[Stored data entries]

————

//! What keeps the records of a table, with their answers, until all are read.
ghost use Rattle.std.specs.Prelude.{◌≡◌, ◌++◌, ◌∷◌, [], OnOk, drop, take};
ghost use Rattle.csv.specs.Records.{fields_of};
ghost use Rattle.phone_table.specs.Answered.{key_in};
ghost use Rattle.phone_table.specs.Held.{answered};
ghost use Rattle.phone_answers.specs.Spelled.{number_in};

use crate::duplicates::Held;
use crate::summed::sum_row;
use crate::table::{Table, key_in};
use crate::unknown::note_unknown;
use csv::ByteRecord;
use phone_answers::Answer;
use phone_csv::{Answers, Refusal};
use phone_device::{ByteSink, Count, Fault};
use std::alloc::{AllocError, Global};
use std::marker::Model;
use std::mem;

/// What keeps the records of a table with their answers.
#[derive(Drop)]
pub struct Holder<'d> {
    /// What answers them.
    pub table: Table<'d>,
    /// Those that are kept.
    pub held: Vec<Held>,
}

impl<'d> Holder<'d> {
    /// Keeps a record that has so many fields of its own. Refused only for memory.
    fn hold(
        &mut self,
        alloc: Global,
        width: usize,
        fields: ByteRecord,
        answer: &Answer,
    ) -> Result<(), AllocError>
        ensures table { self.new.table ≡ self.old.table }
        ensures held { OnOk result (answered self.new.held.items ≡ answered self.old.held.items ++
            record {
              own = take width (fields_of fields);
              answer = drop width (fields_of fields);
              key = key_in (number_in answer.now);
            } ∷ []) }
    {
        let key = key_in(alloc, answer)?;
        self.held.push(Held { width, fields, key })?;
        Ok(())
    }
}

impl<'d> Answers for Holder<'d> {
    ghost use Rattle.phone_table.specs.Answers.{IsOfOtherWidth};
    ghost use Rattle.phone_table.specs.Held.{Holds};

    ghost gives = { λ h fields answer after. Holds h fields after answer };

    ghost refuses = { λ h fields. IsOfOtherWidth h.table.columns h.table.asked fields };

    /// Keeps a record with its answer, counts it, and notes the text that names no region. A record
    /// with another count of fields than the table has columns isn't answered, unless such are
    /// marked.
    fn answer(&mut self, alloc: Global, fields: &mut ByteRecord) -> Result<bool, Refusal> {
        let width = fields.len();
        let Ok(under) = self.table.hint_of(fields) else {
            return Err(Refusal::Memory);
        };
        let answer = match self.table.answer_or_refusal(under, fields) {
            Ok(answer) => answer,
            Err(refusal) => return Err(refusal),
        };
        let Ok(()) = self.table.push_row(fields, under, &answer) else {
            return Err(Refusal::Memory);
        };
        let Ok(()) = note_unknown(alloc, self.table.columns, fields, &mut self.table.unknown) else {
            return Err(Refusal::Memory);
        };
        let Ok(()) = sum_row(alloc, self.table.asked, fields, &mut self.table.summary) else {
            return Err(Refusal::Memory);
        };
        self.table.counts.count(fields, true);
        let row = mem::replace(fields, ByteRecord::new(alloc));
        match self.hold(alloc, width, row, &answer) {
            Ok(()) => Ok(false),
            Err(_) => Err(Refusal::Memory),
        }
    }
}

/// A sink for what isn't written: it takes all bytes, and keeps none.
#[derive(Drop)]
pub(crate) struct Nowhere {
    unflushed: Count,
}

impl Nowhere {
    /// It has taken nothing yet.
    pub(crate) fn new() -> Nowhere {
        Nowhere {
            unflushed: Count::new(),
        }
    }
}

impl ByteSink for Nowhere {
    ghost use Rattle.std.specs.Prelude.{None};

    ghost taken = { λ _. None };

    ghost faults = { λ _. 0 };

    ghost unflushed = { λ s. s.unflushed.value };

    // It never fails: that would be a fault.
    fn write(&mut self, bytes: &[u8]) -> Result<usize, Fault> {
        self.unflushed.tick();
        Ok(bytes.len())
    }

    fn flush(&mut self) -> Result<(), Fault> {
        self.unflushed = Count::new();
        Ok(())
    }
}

————

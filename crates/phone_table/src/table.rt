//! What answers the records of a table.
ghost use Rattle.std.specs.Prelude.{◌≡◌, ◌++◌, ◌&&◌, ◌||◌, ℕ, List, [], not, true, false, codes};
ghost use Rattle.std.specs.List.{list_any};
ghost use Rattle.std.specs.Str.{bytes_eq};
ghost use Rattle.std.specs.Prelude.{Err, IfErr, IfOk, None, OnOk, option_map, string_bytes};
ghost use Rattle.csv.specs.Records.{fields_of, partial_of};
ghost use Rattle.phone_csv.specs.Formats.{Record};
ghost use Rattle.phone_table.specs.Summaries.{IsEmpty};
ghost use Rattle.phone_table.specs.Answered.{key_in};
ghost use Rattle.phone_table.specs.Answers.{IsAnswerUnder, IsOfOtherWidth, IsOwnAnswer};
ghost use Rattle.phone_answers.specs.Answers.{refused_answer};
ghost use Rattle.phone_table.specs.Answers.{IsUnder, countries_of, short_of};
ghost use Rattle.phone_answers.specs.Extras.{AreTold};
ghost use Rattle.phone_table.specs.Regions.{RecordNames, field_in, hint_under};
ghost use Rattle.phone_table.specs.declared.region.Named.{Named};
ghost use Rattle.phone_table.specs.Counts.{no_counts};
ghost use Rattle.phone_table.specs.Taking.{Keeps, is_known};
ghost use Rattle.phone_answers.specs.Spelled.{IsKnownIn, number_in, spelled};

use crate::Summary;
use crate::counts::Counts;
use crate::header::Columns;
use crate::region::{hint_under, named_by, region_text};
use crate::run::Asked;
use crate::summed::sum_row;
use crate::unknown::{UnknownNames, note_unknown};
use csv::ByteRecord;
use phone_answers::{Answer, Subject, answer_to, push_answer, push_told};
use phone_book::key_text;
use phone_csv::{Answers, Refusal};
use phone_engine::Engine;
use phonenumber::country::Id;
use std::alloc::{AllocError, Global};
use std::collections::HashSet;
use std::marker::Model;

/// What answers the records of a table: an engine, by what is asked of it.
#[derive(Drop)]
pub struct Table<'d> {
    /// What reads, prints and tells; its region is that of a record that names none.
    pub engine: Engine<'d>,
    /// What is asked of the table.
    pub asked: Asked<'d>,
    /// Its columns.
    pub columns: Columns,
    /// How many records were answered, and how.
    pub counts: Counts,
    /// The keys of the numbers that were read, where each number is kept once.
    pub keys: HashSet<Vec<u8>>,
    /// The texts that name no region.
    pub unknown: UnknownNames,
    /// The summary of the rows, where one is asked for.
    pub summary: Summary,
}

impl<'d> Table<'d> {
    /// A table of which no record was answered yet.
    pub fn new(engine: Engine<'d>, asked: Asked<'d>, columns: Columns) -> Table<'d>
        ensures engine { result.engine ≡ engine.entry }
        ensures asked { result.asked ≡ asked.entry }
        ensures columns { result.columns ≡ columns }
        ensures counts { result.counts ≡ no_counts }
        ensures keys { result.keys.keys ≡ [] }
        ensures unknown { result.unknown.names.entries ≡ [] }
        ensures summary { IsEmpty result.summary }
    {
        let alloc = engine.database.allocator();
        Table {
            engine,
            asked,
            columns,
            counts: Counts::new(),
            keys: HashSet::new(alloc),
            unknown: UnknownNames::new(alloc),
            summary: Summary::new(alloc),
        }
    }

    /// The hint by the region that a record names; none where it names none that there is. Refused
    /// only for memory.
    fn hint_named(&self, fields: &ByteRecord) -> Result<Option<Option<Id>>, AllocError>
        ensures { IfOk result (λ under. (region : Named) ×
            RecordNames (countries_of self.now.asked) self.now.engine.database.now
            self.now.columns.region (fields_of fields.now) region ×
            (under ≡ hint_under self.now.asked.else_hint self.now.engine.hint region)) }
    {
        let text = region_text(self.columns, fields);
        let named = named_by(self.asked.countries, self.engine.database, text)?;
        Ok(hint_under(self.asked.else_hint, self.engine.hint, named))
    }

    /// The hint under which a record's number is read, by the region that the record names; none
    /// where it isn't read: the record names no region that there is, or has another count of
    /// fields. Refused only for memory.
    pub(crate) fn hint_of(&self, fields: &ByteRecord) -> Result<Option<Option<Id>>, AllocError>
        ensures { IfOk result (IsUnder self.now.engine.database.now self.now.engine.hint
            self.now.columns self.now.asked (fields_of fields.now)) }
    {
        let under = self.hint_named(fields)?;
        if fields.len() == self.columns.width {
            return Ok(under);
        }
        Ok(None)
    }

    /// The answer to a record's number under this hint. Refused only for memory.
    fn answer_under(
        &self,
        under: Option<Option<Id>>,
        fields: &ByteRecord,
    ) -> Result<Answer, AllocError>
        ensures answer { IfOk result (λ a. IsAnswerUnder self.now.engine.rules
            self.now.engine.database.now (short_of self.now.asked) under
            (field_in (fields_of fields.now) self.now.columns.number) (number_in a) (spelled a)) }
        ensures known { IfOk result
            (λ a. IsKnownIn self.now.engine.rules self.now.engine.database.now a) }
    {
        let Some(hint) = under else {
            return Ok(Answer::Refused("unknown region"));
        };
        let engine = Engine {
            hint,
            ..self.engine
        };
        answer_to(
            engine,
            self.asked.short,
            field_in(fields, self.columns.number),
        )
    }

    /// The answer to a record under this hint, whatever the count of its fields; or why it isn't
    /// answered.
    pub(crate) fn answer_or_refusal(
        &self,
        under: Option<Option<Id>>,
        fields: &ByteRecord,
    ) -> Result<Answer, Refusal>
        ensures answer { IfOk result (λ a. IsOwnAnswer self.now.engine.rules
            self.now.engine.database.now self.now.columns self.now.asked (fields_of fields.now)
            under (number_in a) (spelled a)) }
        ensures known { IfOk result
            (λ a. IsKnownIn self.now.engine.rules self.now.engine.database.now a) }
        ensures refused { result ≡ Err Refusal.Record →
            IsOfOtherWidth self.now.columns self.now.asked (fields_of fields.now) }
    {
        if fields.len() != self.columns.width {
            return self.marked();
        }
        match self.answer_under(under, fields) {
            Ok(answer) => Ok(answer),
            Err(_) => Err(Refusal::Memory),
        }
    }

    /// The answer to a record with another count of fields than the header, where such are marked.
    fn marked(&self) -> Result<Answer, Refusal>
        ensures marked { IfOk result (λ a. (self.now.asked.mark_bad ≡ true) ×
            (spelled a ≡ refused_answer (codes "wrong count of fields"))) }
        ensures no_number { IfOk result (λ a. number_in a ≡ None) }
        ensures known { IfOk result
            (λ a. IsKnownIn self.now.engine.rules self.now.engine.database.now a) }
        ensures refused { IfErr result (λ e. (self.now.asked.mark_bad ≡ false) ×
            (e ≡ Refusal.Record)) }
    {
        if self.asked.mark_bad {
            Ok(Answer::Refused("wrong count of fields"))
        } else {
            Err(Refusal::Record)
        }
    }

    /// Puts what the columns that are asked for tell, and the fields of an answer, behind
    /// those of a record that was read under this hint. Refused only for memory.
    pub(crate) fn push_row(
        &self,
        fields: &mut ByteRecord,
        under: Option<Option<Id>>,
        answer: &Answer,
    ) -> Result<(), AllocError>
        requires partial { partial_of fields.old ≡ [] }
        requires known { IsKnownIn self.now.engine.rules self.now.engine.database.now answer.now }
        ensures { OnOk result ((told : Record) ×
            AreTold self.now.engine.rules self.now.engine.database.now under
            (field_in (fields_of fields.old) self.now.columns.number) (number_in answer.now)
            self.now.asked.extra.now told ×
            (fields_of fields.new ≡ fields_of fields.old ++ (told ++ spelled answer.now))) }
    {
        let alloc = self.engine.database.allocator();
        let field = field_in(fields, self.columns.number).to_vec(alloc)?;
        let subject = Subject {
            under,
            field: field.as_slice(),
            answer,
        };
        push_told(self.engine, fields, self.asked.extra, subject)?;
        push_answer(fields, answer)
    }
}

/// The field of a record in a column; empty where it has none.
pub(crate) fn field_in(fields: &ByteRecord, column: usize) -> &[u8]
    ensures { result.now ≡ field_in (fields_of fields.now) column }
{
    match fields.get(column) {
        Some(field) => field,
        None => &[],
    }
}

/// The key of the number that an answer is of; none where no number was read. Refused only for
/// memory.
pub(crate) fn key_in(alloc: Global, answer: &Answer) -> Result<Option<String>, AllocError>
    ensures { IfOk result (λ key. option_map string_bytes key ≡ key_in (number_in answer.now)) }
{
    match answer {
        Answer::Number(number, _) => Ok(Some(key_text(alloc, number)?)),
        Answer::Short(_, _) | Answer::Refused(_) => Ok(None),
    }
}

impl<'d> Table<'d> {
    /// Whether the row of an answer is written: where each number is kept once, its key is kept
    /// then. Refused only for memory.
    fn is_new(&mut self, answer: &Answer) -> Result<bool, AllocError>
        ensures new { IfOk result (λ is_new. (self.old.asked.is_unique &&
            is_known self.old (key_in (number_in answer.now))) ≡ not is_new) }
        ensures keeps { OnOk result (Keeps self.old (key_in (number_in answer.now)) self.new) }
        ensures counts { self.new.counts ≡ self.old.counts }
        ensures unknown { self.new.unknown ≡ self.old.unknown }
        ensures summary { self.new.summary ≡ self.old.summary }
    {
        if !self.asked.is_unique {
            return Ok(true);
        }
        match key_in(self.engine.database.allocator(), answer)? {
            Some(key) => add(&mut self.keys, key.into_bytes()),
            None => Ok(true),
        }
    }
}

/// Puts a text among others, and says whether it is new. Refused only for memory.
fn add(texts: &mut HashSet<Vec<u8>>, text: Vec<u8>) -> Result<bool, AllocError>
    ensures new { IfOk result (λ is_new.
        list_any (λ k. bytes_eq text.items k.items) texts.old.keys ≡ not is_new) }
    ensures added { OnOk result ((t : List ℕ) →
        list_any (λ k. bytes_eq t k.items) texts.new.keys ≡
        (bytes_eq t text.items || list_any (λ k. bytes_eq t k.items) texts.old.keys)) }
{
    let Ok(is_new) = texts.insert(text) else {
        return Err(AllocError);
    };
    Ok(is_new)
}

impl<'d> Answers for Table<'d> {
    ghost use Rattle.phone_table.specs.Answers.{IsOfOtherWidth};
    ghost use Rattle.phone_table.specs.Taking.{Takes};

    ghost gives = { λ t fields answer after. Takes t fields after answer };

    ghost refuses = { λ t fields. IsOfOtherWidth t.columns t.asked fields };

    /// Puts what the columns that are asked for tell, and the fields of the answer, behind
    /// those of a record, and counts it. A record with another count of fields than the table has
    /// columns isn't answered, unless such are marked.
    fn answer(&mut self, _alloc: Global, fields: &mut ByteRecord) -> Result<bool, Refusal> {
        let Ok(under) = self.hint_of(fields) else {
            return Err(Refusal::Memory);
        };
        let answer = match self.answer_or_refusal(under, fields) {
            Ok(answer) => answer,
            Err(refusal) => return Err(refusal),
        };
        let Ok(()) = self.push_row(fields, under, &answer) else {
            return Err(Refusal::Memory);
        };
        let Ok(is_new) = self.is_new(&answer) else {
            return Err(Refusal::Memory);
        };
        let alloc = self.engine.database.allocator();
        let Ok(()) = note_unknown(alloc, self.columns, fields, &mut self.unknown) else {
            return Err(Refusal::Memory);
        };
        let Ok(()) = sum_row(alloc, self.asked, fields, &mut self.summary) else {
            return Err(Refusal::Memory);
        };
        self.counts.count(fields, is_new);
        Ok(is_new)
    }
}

————

- Instructions to follow: From the records above, print exactly the lines that run from the line with "(λ a. number_in" to the line with "push_told(self.engine, fields, self.asked.extra, subject)?;", inclusive.

- Worked solution:
        ensures no_number { IfOk result (λ a. number_in a ≡ None) }
        ensures known { IfOk result
            (λ a. IsKnownIn self.now.engine.rules self.now.engine.database.now a) }
        ensures refused { IfErr result (λ e. (self.now.asked.mark_bad ≡ false) ×
            (e ≡ Refusal.Record)) }
    {
        if self.asked.mark_bad {
            Ok(Answer::Refused("wrong count of fields"))
        } else {
            Err(Refusal::Record)
        }
    }

    /// Puts what the columns that are asked for tell, and the fields of an answer, behind
    /// those of a record that was read under this hint. Refused only for memory.
    pub(crate) fn push_row(
        &self,
        fields: &mut ByteRecord,
        under: Option<Option<Id>>,
        answer: &Answer,
    ) -> Result<(), AllocError>
        requires partial { partial_of fields.old ≡ [] }
        requires known { IsKnownIn self.now.engine.rules self.now.engine.database.now answer.now }
        ensures { OnOk result ((told : Record) ×
            AreTold self.now.engine.rules self.now.engine.database.now under
            (field_in (fields_of fields.old) self.now.columns.number) (number_in answer.now)
            self.now.asked.extra.now told ×
            (fields_of fields.new ≡ fields_of fields.old ++ (told ++ spelled answer.now))) }
    {
        let alloc = self.engine.database.allocator();
        let field = field_in(fields, self.columns.number).to_vec(alloc)?;
        let subject = Subject {
            under,
            field: field.as_slice(),
            answer,
        };
        push_told(self.engine, fields, self.asked.extra, subject)?;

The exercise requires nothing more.